## EXERCISE OBJECTIVE
Send back every record word for word, with nothing missing.

## SOURCE DATA
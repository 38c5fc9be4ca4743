//! Events of their own, of events whose names stand in a text that is borrowed.

ghost use Rattle.std.specs.Prelude.{◌≡◌};
ghost use Rattle.ft_fields.specs.Borrowed.{name_bytes, waked, turned, owned_body, event_told};

use ft_fields::{Body, BodyRef, Comm, Event, EventRef, NameRef, Turn, TurnRef, Wake, WakeRef};

/// The name.
fn owned_name(name: &NameRef<'_>) -> Comm
    ensures { result ≡ name_bytes name.now }
{
    Comm::filled(name.bytes())
}

/// The wake event.
fn owned_wake(wake: &WakeRef<'_>) -> Wake
    ensures { result ≡ waked wake.now }
{
    Wake {
        comm: owned_name(&wake.comm),
        pid: wake.pid,
        prio: wake.prio,
        target_cpu: wake.target_cpu,
    }
}

/// The switch.
fn owned_turn(turn: &TurnRef<'_>) -> Turn
    ensures { result ≡ turned turn.now }
{
    Turn {
        prev_comm: owned_name(&turn.prev_comm),
        prev_pid: turn.prev_pid,
        prev_prio: turn.prev_prio,
        prev_state: owned_name(&turn.prev_state),
        next_comm: owned_name(&turn.next_comm),
        next_pid: turn.next_pid,
        next_prio: turn.next_prio,
    }
}

/// What was traced.
fn owned_body(body: &BodyRef<'_>) -> Body
    ensures { result ≡ owned_body body.now }
{
    match body {
        BodyRef::Waking(wake) => Body::Waking(owned_wake(wake)),
        BodyRef::Wakeup(wake) => Body::Wakeup(owned_wake(wake)),
        BodyRef::WakeupNew(wake) => Body::WakeupNew(owned_wake(wake)),
        BodyRef::Switch(turn) => Body::Switch(owned_turn(turn)),
        BodyRef::WakeupLatency(matched) => Body::WakeupLatency(*matched),
        BodyRef::Other => Body::Other,
    }
}

/// The event. It takes no memory.
pub(crate) fn owned_event(event: &EventRef<'_>) -> Event
    ensures { result ≡ event_told event.now }
{
    Event {
        task: owned_name(&event.task),
        pid: event.pid,
        cpu: event.cpu,
        stamp: event.stamp,
        body: owned_body(&event.body),
    }
}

## ANSWER BOX
repository 38c5fc9be4ca4743
//! Events of their own, of events whose names stand in a text that is borrowed.

ghost use Rattle.std.specs.Prelude.{◌≡◌};
ghost use Rattle.ft_fields.specs.Borrowed.{name_bytes, waked, turned, owned_body, event_told};

use ft_fields::{Body, BodyRef, Comm, Event, EventRef, NameRef, Turn, TurnRef, Wake, WakeRef};

/// The name.
fn owned_name(name: &NameRef<'_>) -> Comm
    ensures { result ≡ name_bytes name.now }
{
    Comm::filled(name.bytes())
}

/// The wake event.
fn owned_wake(wake: &WakeRef<'_>) -> Wake
    ensures { result ≡ waked wake.now }
{
    Wake {
        comm: owned_name(&wake.comm),
        pid: wake.pid,
        prio: wake.prio,
        target_cpu: wake.target_cpu,
    }
}

/// The switch.
fn owned_turn(turn: &TurnRef<'_>) -> Turn
    ensures { result ≡ turned turn.now }
{
    Turn {
        prev_comm: owned_name(&turn.prev_comm),
        prev_pid: turn.prev_pid,
        prev_prio: turn.prev_prio,
        prev_state: owned_name(&turn.prev_state),
        next_comm: owned_name(&turn.next_comm),
        next_pid: turn.next_pid,
        next_prio: turn.next_prio,
    }
}

/// What was traced.
fn owned_body(body: &BodyRef<'_>) -> Body
    ensures { result ≡ owned_body body.now }
{
    match body {
        BodyRef::Waking(wake) => Body::Waking(owned_wake(wake)),
        BodyRef::Wakeup(wake) => Body::Wakeup(owned_wake(wake)),
        BodyRef::WakeupNew(wake) => Body::WakeupNew(owned_wake(wake)),
        BodyRef::Switch(turn) => Body::Switch(owned_turn(turn)),
        BodyRef::WakeupLatency(matched) => Body::WakeupLatency(*matched),
        BodyRef::Other => Body::Other,
    }
}

/// The event. It takes no memory.
pub(crate) fn owned_event(event: &EventRef<'_>) -> Event
    ensures { result ≡ event_told event.now }
{
    Event {
        task: owned_name(&event.task),
        pid: event.pid,
        cpu: event.cpu,
        stamp: event.stamp,
        body: owned_body(&event.body),
    }
}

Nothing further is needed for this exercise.